What is expected: Print the line that contains "result ≡ select_type" and every line that follows it in the data below, ending with the final line; include nothing else.

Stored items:
---------------

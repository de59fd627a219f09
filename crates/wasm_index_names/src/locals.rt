ghost use Rattle.std.specs.Prelude.{◌≡◌, ◌++◌, ◌∷◌, [], OnOk, string_bytes};
ghost use Rattle.wasm_escapes.specs.Escapes.{escaped};
ghost use Rattle.wasm_index_names.specs.Lists.{local_at, locals_of, padded, with_locals};

use std::alloc::{AllocError, Global};
use std::marker::Model;
use wasm_escapes::write_escaped;

/// The name of a local.
#[derive(Drop)]
pub struct LocalName {
    index: u32,
    name: String,
}

impl Model for LocalName {
    ghost use Rattle.std.specs.Prelude.{string_bytes};
    ghost use Rattle.wasm_index_names.specs.Lists.{LocalParts};

    ghost Value = { LocalParts };

    ghost view = { λ l. record { index = l.index; name = string_bytes l.name } };
}

/// The names of the locals of one function.
#[derive(Drop)]
pub struct FunctionLocals {
    names: Vec<LocalName>,
}

impl Model for FunctionLocals {
    ghost use Rattle.std.specs.Prelude.{List};
    ghost use Rattle.wasm_index_names.specs.Lists.{LocalParts};

    ghost Value = { List LocalParts };

    ghost view = { λ l. l.names.items };
}

impl FunctionLocals {
    /// Creates a list without names.
    pub fn new(alloc: Global) -> FunctionLocals
        ensures { result ≡ [] }
    {
        FunctionLocals {
            names: Vec::new(alloc),
        }
    }

    /// Adds the name of the local with this index.
    pub fn add(&mut self, alloc: Global, index: u32, name: &[u8]) -> Result<(), AllocError>
        ensures { OnOk result (self.new ≡ self.old ++ record { index = index; name = escaped name.now } ∷ []) }
    {
        let mut shown = String::new(alloc);
        write_escaped(alloc, &mut shown, name)?;
        self.names.push(LocalName { index, name: shown })?;
        Ok(())
    }
}

/// The names of locals, by the index of their function.
#[derive(Drop)]
pub struct LocalLists {
    functions: Vec<FunctionLocals>,
    limit: usize,
}

impl Model for LocalLists {
    ghost use Rattle.wasm_index_names.specs.Lists.{LocalsByFunction};

    ghost Value = { LocalsByFunction };

    ghost view = { λ l. record { functions = l.functions.items; limit = l.limit } };
}

#[tactic(auto, using(crate::proofs::Padded::item_next))]
/// Appends empty lists up to this number of lists.
fn pad(alloc: Global, lists: &mut Vec<FunctionLocals>, number: usize) -> Result<(), AllocError>
    ensures { OnOk result (lists.new.items ≡ padded [] number lists.old.items) }
{
    let missing = number.saturating_sub(lists.len());
    for _list in 0..missing {
        lists.push(FunctionLocals::new(alloc))?;
    }
    Ok(())
}

/// Returns the first name of the local with this index, or an empty one.
fn local_at(names: &[LocalName], index: u32) -> &str
    ensures { result.now ≡ local_at names.now index }
{
    let mut left = names;
    'locals: while let [local, more @ ..] = left {
        if local.index == index {
            return local.name.as_str();
        }
        left = more;
    }
    ""
}

impl LocalLists {
    /// Creates lists without names, which keep names of functions with indices below `limit`.
    pub fn new(alloc: Global, limit: usize) -> LocalLists
        ensures { result ≡ record { functions = []; limit = limit } }
    {
        LocalLists {
            functions: Vec::new(alloc),
            limit,
        }
    }

    #[tactic(auto, using(crate::proofs::Padded::items_long))]
    /// Sets the names of the locals of the function with this index.
    pub fn set(
        &mut self,
        alloc: Global,
        index: u32,
        names: FunctionLocals,
    ) -> Result<(), AllocError>
        ensures { OnOk result (self.new ≡ with_locals self.old index names) }
    {
        let at = index as usize;
        if at >= self.limit {
            return Ok(());
        }
        pad(alloc, &mut self.functions, at + 1)?;
        self.functions[at] = names;
        Ok(())
    }

    /// Returns the name of a local of the function with this index, or an empty one.
    pub fn get(&self, function: u32, index: u32) -> &str
        ensures { result.now ≡ local_at (locals_of self.now.functions function) index }
    {
        match self.functions.get(function as usize) {
            Some(locals) => local_at(locals.names.as_slice(), index),
            None => "",
        }
    }
}
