ghost use Rattle.std.specs.Prelude.{OnOk, List, ℕ};
ghost use Rattle.wasm_index_names.specs.Giving.{GivesItems, GivesCounted};

use std::alloc::{AllocError, Global};
use wasm_below::BinaryReader;
use wasm_grammars::Read;
use wasm_sections::SectionReader;

/// An item of a section that gives names to a state.
pub trait Gives<'a, S>: Read<'a> {
    /// The state before, the item, and the state after.
    ghost gives: { S → Self → S → Type 0 };

    /// Gives the item's names.
    fn give(self, alloc: Global, state: &mut S) -> Result<(), AllocError>
        ensures { OnOk result (gives state.old self state.new) };
}

/// Gives the names of all items, or of those before the first that is in error.
pub fn give_items<'a, S, T: Gives<'a, S>>(
    alloc: Global,
    section: SectionReader<'a, T>,
    state: &mut S,
) -> Result<(), AllocError>
    ensures { OnOk result (GivesItems T.grammar T.gives section.entry state.old state.new) }
{
    let mut items = section.into_iter();
    'items: while let Some(item) = items.next() {
        let item = match item {
            Ok(item) => item,
            Err(_) => return Ok(()),
        };
        if let Err(e) = item.give(alloc, state) {
            return Err(e);
        }
    }
    Ok(())
}

/// Gives the names of a section's items, like `give_items`; of none if their number is in error.
pub fn give_counted<'a, S, T: Gives<'a, S>>(
    alloc: Global,
    contents: BinaryReader<'a>,
    state: &mut S,
) -> Result<(), AllocError>
    ensures { OnOk result (GivesCounted T.grammar T.gives contents.entry state.old state.new) }
{
    let section: SectionReader<'a, T> = match SectionReader::new(alloc, contents) {
        Ok(section) => section,
        Err(_) => return Ok(()),
    };
    give_items(alloc, section, state)
}
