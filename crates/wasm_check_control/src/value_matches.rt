ghost use Rattle.std.specs.Prelude.{◌≡◌};
ghost use Rattle.wasm_typing.specs.Matching.{heap_matches, matches};
ghost use Rattle.wasm_typing.specs.Checking.{if_number};
ghost use Rattle.wasm_check_control.specs.Selects.{is_bottom, form, same_number, select_type};

use crate::context::ModuleContext;
use crate::matching::{heap_type_matches, null_matches};
use wasm_typing::{Heap, ValueType};

pub fn heap_matches<M: ModuleContext>(context: &M, heap: Heap, wanted: Heap) -> bool
    ensures { result ≡ heap_matches (M.environment context.now).order heap wanted }
{
    match heap {
        Heap::Unknown => true,
        Heap::Known(ty) => match wanted {
            Heap::Known(wanted) => heap_type_matches(context, ty, wanted),
            Heap::Unknown => false,
        },
    }
}

/// Returns whether a reference type matches a value type. Specification: Matching, Reference Types.
fn reference_matches<M: ModuleContext>(
    context: &M,
    nullable: bool,
    heap: Heap,
    wanted: ValueType,
) -> bool
    ensures { result ≡ matches (M.environment context.now).order (ValueType.Ref nullable heap) wanted }
{
    match wanted {
        ValueType::Ref {
            nullable: null_wanted,
            heap: wanted,
        } => {
            if null_matches(nullable, null_wanted) {
                heap_matches(context, heap, wanted)
            } else {
                false
            }
        }
        ValueType::Bottom
        | ValueType::I32
        | ValueType::I64
        | ValueType::F32
        | ValueType::F64
        | ValueType::V128 => false,
    }
}

/// Returns whether a value type matches another. Specification: Matching, Value Types.
#[inline(always)]
pub fn matches<M: ModuleContext>(context: &M, ty: ValueType, wanted: ValueType) -> bool
    ensures { result ≡ matches (M.environment context.now).order ty wanted }
{
    match ty {
        ValueType::Bottom => true,
        ValueType::I32 => matches!(wanted, ValueType::I32),
        ValueType::I64 => matches!(wanted, ValueType::I64),
        ValueType::F32 => matches!(wanted, ValueType::F32),
        ValueType::F64 => matches!(wanted, ValueType::F64),
        ValueType::V128 => matches!(wanted, ValueType::V128),
        ValueType::Ref { nullable, heap } => reference_matches(context, nullable, heap, wanted),
    }
}

fn number(ty: ValueType) -> Option<ValueType>
    ensures { result ≡ if_number ty }
{
    match ty {
        ValueType::Bottom
        | ValueType::I32
        | ValueType::I64
        | ValueType::F32
        | ValueType::F64
        | ValueType::V128 => Some(ty),
        ValueType::Ref { .. } => None,
    }
}

fn is_bottom(ty: ValueType) -> bool
    ensures { result ≡ is_bottom ty }
{
    matches!(ty, ValueType::Bottom)
}

/// Returns a number for the form of a type: below 5 for number types and `v128`.
#[inline(always)]
fn form(ty: &ValueType) -> u8
    ensures { result ≡ form ty.now }
{
    match ty {
        ValueType::I32 => 0,
        ValueType::I64 => 1,
        ValueType::F32 => 2,
        ValueType::F64 => 3,
        ValueType::V128 => 4,
        ValueType::Bottom => 5,
        ValueType::Ref { .. } => 6,
    }
}

/// Returns whether both are the same number type, or `v128`. The forms are compared without a jump
/// by the type.
#[inline(always)]
pub fn same_number(ty: &ValueType, other: &ValueType) -> bool
    ensures { result ≡ same_number ty.now other.now }
{
    let form_of_ty = form(ty);
    form_of_ty == form(other) && form_of_ty < 5
}

/// Returns the type of a `select` without a type between operands of these types.
pub fn select_type(ty: ValueType, other: ValueType) -> Option<ValueType>
    ensures { result ≡ select_type ty other }
{
    if is_bottom(ty) {
        return number(other);
    }
    if is_bottom(other) {
        return number(ty);
    }
    if same_number(&ty, &other) {
        return Some(ty);
    }
    None
}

---------------

Answer for the task:
    ensures { result ≡ select_type ty other }
{
    if is_bottom(ty) {
        return number(other);
    }
    if is_bottom(other) {
        return number(ty);
    }
    if same_number(&ty, &other) {
        return Some(ty);
    }
    None
}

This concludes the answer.